# 2000 Frontier Heater Problems



## camerond (Nov 25, 2007)

Hi, I purchased a 2000 Frontier three years ago. I previously lived in Phoenix, Arizona. Last winter, my heater gave out on me but I never bothered to do anything about becuase I hardly used it anyway. Well, I moved to Utah recently and make frequent trips to Wyoming. It is COLD so I would like to fix it now.

Here is the details. After the engine warms up, both heater hoses are hot, telling me there is circulation through the heater core. The engine never overheats, which tells me there is no clog in the block. I did have the dealership try and flush it out, so there shouldnt be any air in the system.

Before, it would be warm when I turned it on, but would turn cold within a few minutes. But, it wouldnt be as cold as the outside air which tells me that it is heating up a little bit, just not enough to be useful. I'm wondering if something is wrong with the gates that allow cold and hot air in.

Anybody have any ideas?


----------



## SPEEDO (Jun 9, 2003)

you might have issues with the control valve, not opening all the way would be my guess..


----------



## camerond (Nov 25, 2007)

Control valve, eh? Thats somewhere to start. Can anybody tell me about his control valve? Is it behind the dash?
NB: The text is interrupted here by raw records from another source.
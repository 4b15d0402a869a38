//! Removal and adoption (DOM Standard, concepts: remove, adopt).
ghost use Rattle.std.specs.Prelude.{◌≡◌, ◌↔◌, ◌⊎◌, true, Some, IfErr, OnOk};
ghost use Rattle.dom_base.specs.declared.Refusal.{Refusal as RefusalOf};
ghost use Rattle.dom_base.specs.declared.Refusal.TheVariants.{Hierarchy, NotSupported};
ghost use Rattle.dom_model.specs.Tree.{kind_of, is_document};
ghost use Rattle.dom_model.specs.Changes.{remove_plan, adopt_plan, observed};
ghost use Rattle.dom_mutation.specs.Doc.{made, name_in, owner_in, trees_in, adoption_refusal, HoldsNode};

use crate::Doc;
use crate::removing::{SuppressObserversFlag, adopting, removing};
use crate::settling::given_up;
use dom_base::{Fault, Kind, Refusal};
use node_arena::Key;
use std::alloc::AllocError;

impl Doc {
    /// A node leaves its parent, with a record of the parent. One without a parent stays as it is (DOM Standard, remove). Where
    /// memory is refused, the document is given up: its keys name no nodes any more.
    pub fn remove(&mut self, node: Key) -> Result<(), AllocError>
        requires { HoldsNode self.old node }
        ensures names { OnOk result (self.new.names ≡ self.old.names) }
        ensures world { OnOk result (self.new.world ≡ made (owner_in self.old node) (remove_plan observed (name_in self.old node)) self.old.world) }
    {
        self.parts.laws();
        match removing(&mut self.parts, SuppressObserversFlag::Observed, node) {
            Ok(()) => Ok(()),
            Err(error) => Err(given_up(&mut self.parts, error)),
        }
    }

    /// A node leaves its parent and gets a node document, with all below it (DOM Standard, adopt). A shadow root is refused
    /// with `Hierarchy` and a document with `NotSupported`, with nothing changed. Where memory is refused, the document is
    /// given up: its keys name no nodes any more.
    pub fn adopt(&mut self, document: Key, node: Key) -> Result<(), Fault>
        requires document_is_node { HoldsNode self.old document }
        requires document { is_document (kind_of (trees_in self.old document) (name_in self.old document)) ≡ true }
        requires node_is_node { HoldsNode self.old node }
        requires one_owner { owner_in self.old document ≡ owner_in self.old node }
        ensures refused { (r : RefusalOf) →
            (result ≡ Err (Fault.Refused r)) ↔ (adoption_refusal (kind_of (trees_in self.old node) (name_in self.old node)) ≡ Some r) }
        ensures other { IfErr result (λ fault. (fault ≡ Fault.Refused NotSupported) ⊎ ((fault ≡ Fault.Refused Hierarchy) ⊎ (fault ≡ Fault.Memory))) }
        ensures unchanged { (r : RefusalOf) → result ≡ Err (Fault.Refused r) → self.new ≡ self.old }
        ensures names { OnOk result (self.new.names ≡ self.old.names) }
        ensures world { OnOk result (self.new.world ≡ made (owner_in self.old node) (adopt_plan (name_in self.old document) (name_in self.old node))
            self.old.world) }
    {
        match self.kind(node) {
            Kind::Document => Err(Fault::Refused(Refusal::NotSupported)),
            Kind::Shadow => Err(Fault::Refused(Refusal::Hierarchy)),
            _ => {
                self.parts.laws();
                match adopting(&mut self.parts, document, node) {
                    Ok(()) => Ok(()),
                    Err(error) => Err(Fault::from(given_up(&mut self.parts, error))),
                }
            }
        }
    }
}
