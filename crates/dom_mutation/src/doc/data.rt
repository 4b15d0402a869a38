//! Data of Texts and Comments (DOM Standard, concept: replace data).
ghost use Rattle.std.specs.Prelude.{◌≡◌, ◌<◌, ◌↔◌, ◌⊎◌, [], length, true, IfErr, OnOk};
ghost use Rattle.dom_base.specs.declared.Refusal.TheVariants.{IndexSize};
ghost use Rattle.dom_model.specs.Tree.{kind_of, has_data};
ghost use Rattle.dom_model.specs.TextChanges.{replacing_data, replacing_all_data};
ghost use Rattle.dom_model.specs.World.{part_of};
ghost use Rattle.dom_model.specs.CommandRefusals.{past_end};
ghost use Rattle.dom_mutation.specs.Doc.{made, planned, name_in, owner_in, trees_in, HoldsNode};

use crate::Doc;
use crate::character_data::replacing_data;
use crate::parts::DataChange;
use crate::settling::given_up;
use dom_base::{DomStr, Fault, Refusal};
use node_arena::Key;
use std::alloc::AllocError;

impl Doc {
    /// From an offset on, so many code units of a Text or a Comment, or as many as there are, give way to others (DOM
    /// Standard, replace data). Refused with `IndexSize` where the offset is past the node's length, with nothing
    /// changed. Where memory is refused, the document is given up: its keys name no nodes any more.
    pub fn replace_data(
        &mut self,
        node: Key,
        offset: usize,
        count: usize,
        data: DomStr,
    ) -> Result<(), Fault>
        requires node_is_node { HoldsNode self.old node }
        requires has_data { has_data (kind_of (trees_in self.old node) (name_in self.old node)) ≡ true }
        ensures refused { (result ≡ Err (Fault.Refused IndexSize)) ↔
            (past_end (part_of self.old.world (owner_in self.old node)) (name_in self.old node) offset ≡ true) }
        ensures other { IfErr result (λ fault. (fault ≡ Fault.Refused IndexSize) ⊎ (fault ≡ Fault.Memory)) }
        ensures unchanged { past_end (part_of self.old.world (owner_in self.old node)) (name_in self.old node) offset ≡ true → self.new ≡ self.old }
        ensures names { OnOk result (self.new.names ≡ self.old.names) }
        ensures world { OnOk result (self.new.world ≡ made (owner_in self.old node)
            (replacing_data (name_in self.old node) offset count «data».items) self.old.world) }
    {
        if offset > self.length(node) {
            return Err(Fault::Refused(Refusal::IndexSize));
        }
        let change = DataChange {
            offset,
            count,
            units: data,
        };
        self.replace_units(node, change)?;
        Ok(())
    }

    /// All data of a Text or a Comment give way to others, which are not copied (DOM Standard, replace data). Where
    /// memory is refused, the document is given up: its keys name no nodes any more.
    pub fn set_data(&mut self, node: Key, data: DomStr) -> Result<(), AllocError>
        requires node_is_node { HoldsNode self.old node }
        requires has_data { has_data (kind_of (trees_in self.old node) (name_in self.old node)) ≡ true }
        ensures names { OnOk result (self.new.names ≡ self.old.names) }
        ensures world { OnOk result (self.new.world ≡ made (owner_in self.old node) (replacing_all_data (name_in self.old node) «data».items) self.old.world) }
    {
        let count = self.length(node);
        let change = DataChange {
            offset: 0,
            count,
            units: data,
        };
        self.replace_units(node, change)
    }

    /// From an offset on, so many code units of a node, or as many as there are, go (DOM Standard, replace data with the empty
    /// string). Where memory is refused, the document is given up: its keys name no nodes any more.
    pub fn delete_data(&mut self, node: Key, offset: usize, count: usize) -> Result<(), AllocError>
        requires { HoldsNode self.old node }
        ensures state { OnOk result (self.new ≡ planned (owner_in self.old node) (replacing_data (name_in self.old node) offset count []) self.old) }
    {
        let none = Vec::new(self.parts.alloc());
        let change = DataChange {
            offset,
            count,
            units: none,
        };
        self.replace_units(node, change)
    }

    /// From an offset on, so many code units of a node give way to others, if it is a Text or a Comment or there are no others.
    fn replace_units(&mut self, node: Key, change: DataChange) -> Result<(), AllocError>
        requires node_is_node { HoldsNode self.old node }
        requires may_come { 0 < length change.units.items → has_data (kind_of (trees_in self.old node) (name_in self.old node)) ≡ true }
        ensures { OnOk result (self.new ≡ planned (owner_in self.old node)
            (replacing_data (name_in self.old node) change.offset change.count change.units.items) self.old) }
    {
        self.parts.laws();
        match replacing_data(&mut self.parts, node, change) {
            Ok(()) => Ok(()),
            Err(error) => Err(given_up(&mut self.parts, error)),
        }
    }
}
I have heard of things falling down the defrost vents on the dashboard and jamming the vent doors. Perhaps this is the case with the valve?

Thanks.


----------



## nissanmadness (Sep 18, 2006)

camerond said:


> Control valve, eh? Thats somewhere to start. Can anybody tell me about his control valve? Is it behind the dash?
> 
> I have heard of things falling down the defrost vents on the dashboard and jamming the vent doors. Perhaps this is the case with the valve?
> 
> Thanks.


I'm not sure how a 2000 is set up. On all the 05 and up trucks, all the blend door control motors are electric. The older trucks used vacuum and or cables. These are all located around the plenum. This is where your heater core and a/c evaporator are located. Does your ducting control switch work? In other words, when you put it in defrost or other switch positions, does the air flow out of the ducts as selected? If the air flows as directed, then your switch is ok. Now see if the temp control switch is cable or elec operated. If you can peek behind the switch you'll be able to tell. If its cable, see if the opposite end didn't pop off the blend door lever. If its elec, see if you have power to the switch and go from there. Sorry my instructions are so general, just not familiar with a 2000.


----------